本實施方式的亮度是做為評價鈦陰極表面粗糙度的指標,公知常識是,當表面粗糙度大,光的反射量變少,因此亮度值降低;反之,當表面粗糙度愈小,表面愈趨於平滑,則光的反射量變大,亮度值昇高。從第 一圖的實驗結果可證明,經本發明之改質方法使鈦陰極的表面亮度顯著提昇,意即鈦陰極的表面粗糙度顯著降低。當鈦陰極的表面粗糙度降低,由其所析出的生銅箔的表面粗糙度也跟著降低,利於生產光面(S面)為低粗糙度的生銅箔。 The brightness of this embodiment is used as an index for evaluating the surface roughness of the titanium cathode. It is common knowledge that when the surface roughness is large, the amount of light reflection decreases, so the brightness value decreases; conversely, when the surface roughness is smaller, the surface is more inclined With smoothing, the amount of light reflection increases and the brightness value increases. From the first The experimental results in a figure can prove that the surface brightness of the titanium cathode is significantly improved by the modification method of the present invention, which means that the surface roughness of the titanium cathode is significantly reduced. When the surface roughness of the titanium cathode is reduced, the surface roughness of the green copper foil precipitated therefrom is also reduced, which is beneficial to the production of green copper foil with a smooth surface (S surface) having a low roughness.

第二實施例Second embodiment

本發明鈦陰極表面改質方法,包括: The titanium cathode surface modification method of the invention comprises:

步驟一,鈦陰極表面以粗糙度至少1000的砂紙進行打磨,使鈦陰極表面成為經物理改質的表面。 In step one, the surface of the titanium cathode is polished with sandpaper having a roughness of at least 1000, so that the surface of the titanium cathode becomes a physically modified surface.

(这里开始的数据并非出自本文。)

//! The calls of a runtime in turn: after each, what it says and shows is what the specification allows. A call that was
//! refused a growth is made once more.

ghost use Rattle.std.specs.Prelude.{◌≡◌, true};
ghost use Rattle.check_memory.specs.Asks.{MakesOnce};
ghost use Rattle.check_memory.specs.Ends.{accepted_in};
ghost use Rattle.check_memory.specs.Shows.{lists_of, number_of};
ghost use Rattle.check_memory.specs.Works.{callback_key};
ghost use Rattle.check_memory.specs.declared.machine.Cpu.{Cpu};
ghost use Rattle.check_memory.specs.declared.script.Action.TheVariants.{Call, Lazy};

use crate::checks::{Step, check, check_again};
use crate::growth::{Broken, Growth, Refusals};
use crate::machine::{Answer, Machine, Shown, accepted};
use crate::script::{Action, SCRIPT, Steps};
use crate::work::key_at;

/// How far a tick's moment is from that of the call before it: further than a lazy callback waits.
const TICK_MOMENTS: u64 = 16;

/// How far a script has come.
#[derive(Clone, Copy)]
pub struct Progress {
    pub refusals: Refusals,
    moment: u64,
    /// How many callbacks the group held in batches after its last turn.
    held: u64,
    /// Whether the offloadable processor was last asked to be offloaded.
    asked_on: bool,
}

impl Progress {
    /// Before the first action.
    pub fn new(refusals: Refusals) -> Progress
        ensures refusals { result.refusals ≡ refusals }
        ensures held { result.held ≡ 0 }
        ensures asked { result.asked_on ≡ true }
    {
        Progress {
            refusals,
            moment: 0,
            held: 0,
            asked_on: true,
        }
    }

    /// Performs the whole script.
    pub fn perform_all<M: Machine>(&mut self, machine: &mut M) -> Result<(), Broken>
        requires { M.holds machine.old }
        ensures holds { M.holds machine.new }
    {
        for steps in &SCRIPT {
            self.perform(machine, steps)?;
        }
        Ok(())
    }

    /// Performs these steps.
    pub fn perform<M: Machine>(&mut self, machine: &mut M, steps: Steps) -> Result<(), Broken>
        requires { M.holds machine.old }
        ensures holds { M.holds machine.new }
    {
        for (times, action) in steps {
            self.repeat(machine, *times, *action)?;
        }
        Ok(())
    }

    /// Makes a call so many times.
    pub fn repeat<M: Machine>(
        &mut self,
        machine: &mut M,
        times: u64,
        action: Action,
    ) -> Result<(), Broken>
        requires { M.holds machine.old }
        ensures holds { M.holds machine.new }
    {
        for _ in 0..times {
            self.make(machine, action)?;
        }
        Ok(())
    }

    /// Makes one call, and once more where it was refused a growth.
    fn make<M: Machine>(&mut self, machine: &mut M, action: Action) -> Result<(), Broken>
        requires { M.holds machine.old }
        ensures holds { M.holds machine.new }
    {
        let first = self.make_once(machine, action)?;
        let Some(growth) = first.refused else {
            return Ok(());
        };
        self.refusals.note(growth)?;
        if growth == Growth::CallPut {
            return Ok(());
        }
        check_again(&self.make_once(machine, action)?, growth)
    }

    /// Makes one call, and checks what stands after it.
    fn make_once<M: Machine>(&mut self, machine: &mut M, action: Action) -> Result<Step, Broken>
        requires { M.holds machine.old }
        ensures once { MakesOnce M.holds action result machine.new self.old self.new }
    {
        let before = shown(machine)?;
        self.moment = self.moment.wrapping_add(match action {
            Action::Tick(_) => TICK_MOMENTS,
            _ => 1,
        });
        if let Action::Ask(on) = action {
            self.asked_on = on;
        }
        let answer = machine.make(action, self.moment, next_key(action, &before));
        let after = shown(machine)?;
        let step = Step {
            action,
            before,
            answer,
            after,
            held: self.held,
            asked_on: self.asked_on,
            refused: None,
        };
        if let Answer::Turned(turn) = answer {
            self.held = turn.held;
        }
        check(step)
    }
}

/// What a runtime shows.
pub fn shown<M: Machine>(machine: &M) -> Result<Shown, Broken> {
    machine.shown().ok_or(Broken {
        at: Growth::Open,
        what: "a part is missing",
    })
}

/// The key of the job that a call hands in, by what its processor accepted before.
pub fn next_key(action: Action, before: &Shown) -> u64
    ensures call { (c : Cpu) → action ≡ Call c
        → result ≡ callback_key (number_of c) (accepted_in (lists_of before.now c)) }
    ensures lazy { (c : Cpu) → action ≡ Lazy c
        → result ≡ callback_key (number_of c) (accepted_in (lists_of before.now c)) }
{
    match action {
        Action::Call(cpu) | Action::Lazy(cpu) => key_at(cpu.number(), accepted(before.of(cpu))),
        _ => 0,
    }
}
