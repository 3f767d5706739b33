//! The job that the scenarios hand in.

ghost use Rattle.std.specs.Prelude.{◌≡◌};
ghost use Rattle.check_memory.specs.Works.{IsOwnKey, callback_key, key_of_work};

use rcu_jobs::Job;

/// A job that takes no memory. Its receipt is its key.
#[derive(Drop)]
pub struct Work {
    pub key: u64,
}

/// The key of callback `number` of processor `cpu`: each another, while a processor has fewer than a million.
pub fn key_at(cpu: u64, number: u64) -> u64
    ensures { result ≡ callback_key cpu number }
{
    cpu.wrapping_mul(1_000_000).wrapping_add(number)
}

impl Job for Work {
    type Receipt = u64;

    ghost key_of = { key_of_work };

    ghost gives = { IsOwnKey };

    fn key(&self) -> u64 {
        self.key
    }

    fn run(self) -> u64 {
        let Work { key } = self;
        key
    }
}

步驟二,鈦陰極經物理改質的表面經一電鍍步驟析出一導電層;該導電層為銅層。 In step two, a physically modified surface of the titanium cathode undergoes an electroplating step to precipitate a conductive layer; the conductive layer is a copper layer.

該電鍍步驟中採用的電鍍液組成分包含可溶性銅鹽、pH調整劑、以及添加劑。可溶性銅鹽,優選為硫酸銅五水化合物,145g/L~250g/L,優選為220g/L。pH調整劑,包含但不限於硝酸、鹽酸、硫酸、磷酸;優選為硫酸,濃度為3%~10%(V/V);pH為-0.20~1.30。添加劑:包含氯離子、加速劑、平整劑、抑制劑。其中,氯離子濃度為5~50ppm,優選為10ppm。加速劑選自硫醇類化合物,包含但不限於SPS(聚二硫二丙烷磺酸鈉)、MPS(3-巰基-1-丙烷磺酸鈉)、DPS(N,N-二甲基-二硫代羰基丙烷磺酸鈉)、ZPS(3-(苯駢噻唑-2-巰基)-丙烷磺酸鈉)、UPS(硫脲丙基硫酸鹽)之擇一;濃度為50-150ppm,優選為100ppm。平整劑選自有機含氮雜環化合物,包含但不限於JGB(Janus Green B)、DB(Diazine Black)、MV(Methylene Violet 3RAX)、SO(Safranine O)、ABPV(Alcian Blue Pyridine Variant)及BTA(Benzotriazole),濃度為5~100ppm,優選為10ppm。抑制劑選自聚乙二醇 (Polyethlene glycol,PEG),分子量3000~12000,濃度為50~300ppm,優選為200ppm。 The composition of the plating solution used in this plating step includes a soluble copper salt, a pH adjuster, and an additive. The soluble copper salt is preferably a copper sulfate pentahydrate, 145 g / L to 250 g / L, and preferably 220 g / L. The pH adjuster includes, but is not limited to, nitric acid, hydrochloric acid, sulfuric acid, and phosphoric acid; sulfuric acid is preferred; the concentration is 3% to 10% (V / V); and the pH is -0.20 to 1.30. Additives: Contains chloride ions, accelerators, levelling agents, inhibitors. Among them, the chloride ion concentration is 5 to 50 ppm, and preferably 10 ppm. The accelerator is selected from thiol compounds, including but not limited to SPS (sodium dithiodipropane sulfonate), MPS (sodium 3-mercapto-1-propane sulfonate), DPS (N, N-dimethyl-di- Alternatives to sodium thiocarbonylpropane sulfonate), ZPS (3- (benzothiothiazol-2-mercapto) -sodium propane sulfonate), UPS (thioureapropyl sulfate); concentration is 50-150ppm, preferably 100ppm. The leveling agent is selected from organic nitrogen-containing heterocyclic compounds, including but not limited to JGB (Janus Green B), DB (Diazine Black), MV (Methylene Violet 3RAX), SO (Safranine O), ABPV (Alcian Blue Pyridine Variant), and BTA (Benzotriazole) at a concentration of 5 to 100 ppm, preferably 10 ppm. Inhibitor selected from polyethylene glycol (Polyethlene glycol, PEG), molecular weight 3000 ~ 12000, concentration 50 ~ 300ppm, preferably 200ppm.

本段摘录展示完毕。